▶ **Prompt**
Give an exact copy of every entry.

(Collected data)
########################################

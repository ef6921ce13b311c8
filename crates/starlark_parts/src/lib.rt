//! Parts: a list of texts, each of which is in the language alone, and the outline of all of them, one behind another.
#![tactic(auto)]

mod cursor;
pub mod fault;
pub mod items;
pub mod laws;
mod list;
mod part;
pub mod parts;
pub mod statements;
mod top;
pub mod word;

########################################

▶ **Output for this task**
repository ef6921ce13b311c8
filename crates/starlark_parts/src/lib.rt
//! Parts: a list of texts, each of which is in the language alone, and the outline of all of them, one behind another.
#![tactic(auto)]

mod cursor;
pub mod fault;
pub mod items;
pub mod laws;
mod list;
mod part;
pub mod parts;
pub mod statements;
mod top;
pub mod word;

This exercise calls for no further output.